From left, Brett Lichterberg, Leigh Goldstein, partially obscured, Alyssa Berlin, partially obscured, Douglas Doltisky, Rachel Sarraf, Daniel Goldberg, and Gabriela Rozanski, talk about the holocaust as they plan their upcoming trip to Poland at the North Shore Hebrew Academy in Great Neck. (March 5, 2012) Credit: Newsday/Ed Betz

They will walk the 1.8 miles many of their ancestors marched.

They will do it in silence, along with 12,000 other teens from across the globe.

And at the end of what once was a forced death march between Nazi concentration camps Auschwitz and Birkenau in Poland, they will pray.

Leigh Goldstein, 16, from Dix Hills, will think of her grandmother, Lilly, an Auschwitz survivor she never met, and contemplate how her grandmother's teen years were so different from hers.

"I'll quite literally walk in the steps of my grandmother," she said. "I don't have words for it."

Goldstein and more than 50 students from North Shore Hebrew Academy High School in Great Neck will travel to Poland and Israel for two weeks in April as part of March of the Living International, a 25-year-old educational program that brings teens to the two countries to recognize Holocaust Memorial Day, Israel Memorial Day and Israel Independence Day.

It begins with a somber look at Poland, one of many countries where Jewish life was suddenly upended by Nazi persecution. The program ends in Israel with a look at what can be accomplished after dire situations.

"My hope is this will seal a lifelong connection to the Jewish past and future," said Gabriela Rozanski, who teaches Holocaust and Jewish studies at North Shore Hebrew Academy and is the school's trip coordinator.

March of the Living's mission is to bring together Jewish and non-Jewish students, educate them about the Holocaust and instill in them a desire to make the world a better place, said David Machlis, the program's vice chairman and a professor at Adelphi University.

As individuals, people don't have the power to stand up against atrocities, he said, "but we do have the power to never again be bystanders."

Joining the students will be 15 to 20 liberators who freed prisoners and about 75 concentration camp survivors, including Williston Park resident Irving Roth, who was imprisoned at Auschwitz and Birkenau.

"We like to say when you listen to a witness . . . you yourself become a witness and you become a witness for your generation," Machlis said.

Time for that is dwindling.
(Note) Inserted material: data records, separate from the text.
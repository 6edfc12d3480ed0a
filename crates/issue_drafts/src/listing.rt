//! What the manifests of an edition list (RFC 9286 section 4.2.1).

ghost use Rattle.std.specs.Prelude.{◌≡◌, ◌<◌, ◌++◌, ◌∷◌, [], List, true, length, map, All, IsPermutation, IfOk, OnOk, Some, slice_get, string_bytes};
ghost use Rattle.std.specs.List.{zip, IsDistinct};
ghost use Rattle.std.specs.Str.{bytes_eq};
ghost use Rattle.der.specs.Forms.{AreAll};
ghost use Rattle.pub_set.specs.Objects.{Rise};
ghost use Rattle.payloads.specs.Order.{rises};
ghost use Rattle.payloads.specs.ManifestFormats.{IsFile, is_name_below, file_view};
ghost use Rattle.issue_values.specs.Bodies.{AreListed};
ghost use Rattle.issue_drafts.specs.IssueInput.{input_of};
ghost use Rattle.issue_drafts.specs.Drafts.{Draft as Put};
ghost use Rattle.issue_drafts.specs.Views.{draft_of, manifest_of};
ghost use Rattle.issue_drafts.specs.Touching.{AreTouched};
ghost use Rattle.issue_drafts.specs.Tables.{IsTable};
ghost use Rattle.issue_drafts.specs.inner.Positions.{items_at, AreInside};
ghost use Rattle.issue_drafts.specs.Files.{name_in, names_of, folder_at, kept_file, made_file, kept_files, made_files, AreMerged, IsListable, AreListable};

use crate::draft::{Draft, ManifestDraft};
use crate::holdings::{kept_rows, made_index};
use crate::issue_parts::IssueParts;
use crate::key_publishers::name_of;
use crate::touching::Touched;
use issue_keys::KeyPosition;
use items::Items;
use key_roll::{IssuedRow, KeyRow};
use payloads::ListedFile;
use std::alloc::{AllocError, Global};

/// The name of a file of the folder.
fn name_in<'a>(folder: &str, uri: &'a str) -> &'a str
    requires { IsListable folder.now uri.now }
    ensures { result.now ≡ name_in folder.now uri.now }
{
    uri.strip_prefix(folder).unwrap()
}

/// Appends a file of the folder.
fn push_file(
    alloc: Global,
    files: &mut Vec<ListedFile>,
    folder: &str,
    uri: &str,
    hash: &[u8; 32],
) -> Result<(), AllocError>
    requires { IsListable folder.now uri.now }
    ensures files { OnOk result (map file_view files.new.items
        ≡ map file_view files.old.items ++ (name_in folder.now uri.now, hash.now) ∷ []) }
    ensures is { OnOk result (IsFile (name_in folder.now uri.now, hash.now)) }
{
    files.push(ListedFile {
        name: String::from_str(alloc, name_in(folder, uri))?,
        hash: *hash,
    })?;
    Ok(())
}

/// Appends files that stay.
fn push_kept(
    alloc: Global,
    files: &mut Vec<ListedFile>,
    folder: &str,
    rows: &[&IssuedRow],
) -> Result<(), AllocError>
    requires { All (λ row. IsListable folder.now row.uri) (map (λ row. row.now) rows.now) }
    ensures files { OnOk result (map file_view files.new.items ≡ map file_view files.old.items
        ++ map (kept_file folder.now) (map (λ row. row.now) rows.now)) }
    ensures are { OnOk result (AreAll IsFile (map (kept_file folder.now) (map (λ row. row.now) rows.now))) }
{
    for row in rows {
        push_file(alloc, files, folder, row.uri.as_str(), &row.hash)?;
    }
    Ok(())
}

/// The hash at a position.
fn hash_at(hashes: &[[u8; 32]], position: usize) -> &[u8; 32]
    requires { position < length hashes.now }
    ensures { slice_get hashes.now position ≡ Some result.now }
{
    &hashes[position]
}

/// Appends files that are made.
fn push_made(
    alloc: Global,
    files: &mut Vec<ListedFile>,
    folder: &str,
    drafts: &[Draft<'_>],
    hashes: &[[u8; 32]],
    positions: &[KeyPosition],
) -> Result<(), AllocError>
    requires each { length hashes.now ≡ length drafts.now }
    requires inside { AreInside (zip (map draft_of drafts.now) hashes.now) positions.now }
    requires listable { All (λ m. IsListable folder.now m.0.uri)
        (items_at (zip (map draft_of drafts.now) hashes.now) positions.now) }
    ensures files { OnOk result (map file_view files.new.items ≡ map file_view files.old.items
        ++ map (made_file folder.now) (items_at (zip (map draft_of drafts.now) hashes.now) positions.now)) }
    ensures are { OnOk result (AreAll IsFile (map (made_file folder.now)
        (items_at (zip (map draft_of drafts.now) hashes.now) positions.now))) }
{
    for entry in positions {
        let draft = &drafts[entry.position];
        let hash = hash_at(hashes, entry.position);
        push_file(alloc, files, folder, draft.uri.as_str(), hash)?;
    }
    Ok(())
}

/// Files by their names, which are apart.
fn by_name(files: Vec<ListedFile>) -> Result<Vec<ListedFile>, AllocError>
    requires { IsDistinct bytes_eq (names_of (map file_view files.items)) }
    ensures permutation { IfOk result (λ sorted. IsPermutation (map file_view files.items) (map file_view sorted.items)) }
    ensures rising { IfOk result (λ sorted. rises is_name_below (names_of (map file_view sorted.items)) ≡ true) }
{
    let mut sorted = files;
    sorted.sort_by(|a, b| a.name.as_str().cmp(b.name.as_str()))?;
    Ok(sorted)
}

/// The files of a folder: those that stay and those that are made, by rising name.
fn merged(
    alloc: Global,
    folder: &str,
    kept: &[&IssuedRow],
    drafts: &[Draft<'_>],
    hashes: &[[u8; 32]],
    made: &[KeyPosition],
) -> Result<Vec<ListedFile>, AllocError>
    requires each { length hashes.now ≡ length drafts.now }
    requires kept_listable { All (λ row. IsListable folder.now row.uri) (map (λ row. row.now) kept.now) }
    requires made_inside { AreInside (zip (map draft_of drafts.now) hashes.now) made.now }
    requires made_listable { All (λ m. IsListable folder.now m.0.uri)
        (items_at (zip (map draft_of drafts.now) hashes.now) made.now) }
    requires apart { IsDistinct bytes_eq (names_of (map (kept_file folder.now) (map (λ row. row.now) kept.now)
        ++ map (made_file folder.now) (items_at (zip (map draft_of drafts.now) hashes.now) made.now))) }
    ensures merged { IfOk result (λ files. AreMerged (map (kept_file folder.now) (map (λ row. row.now) kept.now))
        (map (made_file folder.now) (items_at (zip (map draft_of drafts.now) hashes.now) made.now))
        (map file_view files.items)) }
    ensures are { IfOk result (λ files. AreAll IsFile (map file_view files.items)) }
{
    let mut files = Vec::new(alloc);
    push_kept(alloc, &mut files, folder, kept)?;
    push_made(alloc, &mut files, folder, drafts, hashes, made)?;
    by_name(files)
}

/// The folder of a key's authority.
fn folder_of(alloc: Global, at: &IssueParts<'_>, key: &KeyRow) -> Result<String, AllocError>
    requires { key.now.desk < length at.now.names.now }
    ensures { IfOk result (λ folder. string_bytes folder ≡ folder_at (input_of at.now) key.now) }
{
    let name = name_of(at.names, key.desk);
    at.site.folder(alloc, name.as_str())
}

/// The files of each manifest, in the order of the manifests: the objects of its key that stay and those that are
/// made, by rising name. The hashes are those of the objects that are made, in the order of their drafts.
pub fn files(
    alloc: Global,
    at: &IssueParts<'_>,
    drafts: &[Draft<'_>],
    hashes: &[[u8; 32]],
    manifests: &[ManifestDraft<'_>],
    touched: &Touched,
) -> Result<Vec<Items<ListedFile>>, AllocError>
    requires each { length hashes.now ≡ length drafts.now }
    requires names { All (λ m. m.issuer.row.now.desk < length at.now.names.now) manifests.now }
    requires standing { Rise (λ row. row.uri) at.now.issued.now }
    requires rising { Rise (λ d. d.uri) (map draft_of drafts.now) }
    requires touched { AreTouched (input_of at.now)
        (map draft_of drafts.now ++ map manifest_of manifests.now) touched.now }
    requires listable { All (λ m. AreListable (input_of at.now)
        (map draft_of drafts.now ++ map manifest_of manifests.now) (map draft_of drafts.now) m.issuer.row.now)
        manifests.now }
    ensures lists { IfOk result (λ lists. (puts : List Put) → AreTouched (input_of at.now) puts touched.now
        → IsTable (λ key list. AreMerged (kept_files (input_of at.now) puts key)
        (made_files (input_of at.now) key (zip (map draft_of drafts.now) hashes.now)) list)
        (map (λ m. m.issuer.row.now) manifests.now) (map (map file_view) lists.items)) }
    ensures listed { IfOk result (λ lists. All (λ list. AreListed (map file_view list)) lists.items) }
{
    let made = made_index(alloc, drafts, at.site)?;
    let mut lists = Vec::with_capacity(alloc, manifests.len())?;
    for manifest in manifests {
        let id = &manifest.issuer.id;
        let folder = folder_of(alloc, at, manifest.issuer.row)?;
        let path = folder.as_str();
        let stay = kept_rows(alloc, at.issued, path, id, touched, at.site)?;
        let come = made.positions(id);
        let list = merged(alloc, path, &stay, drafts, hashes, come)?;
        lists.push(Items::new(list))?;
    }
    Ok(lists)
}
About 46,000 camp survivors are in the United States and 10 percent to 15 percent die each year, organizers said.

"We're kind of the last generation who's going to be able to hear and comprehend an actual survivor," said senior Daniel Goldberg, 17, of Roslyn.

This year's group is the biggest the school has sent in its six years of participation. Six students from Great Neck North and two from Great Neck South high schools are also going. The cost for each of the three schools is $5,000.

Rozanski has been on all six trips and each time witnessed the change in students. Many, she said, return more mature and seeking better bonds with family. She said, "Nobody comes back the same as they left."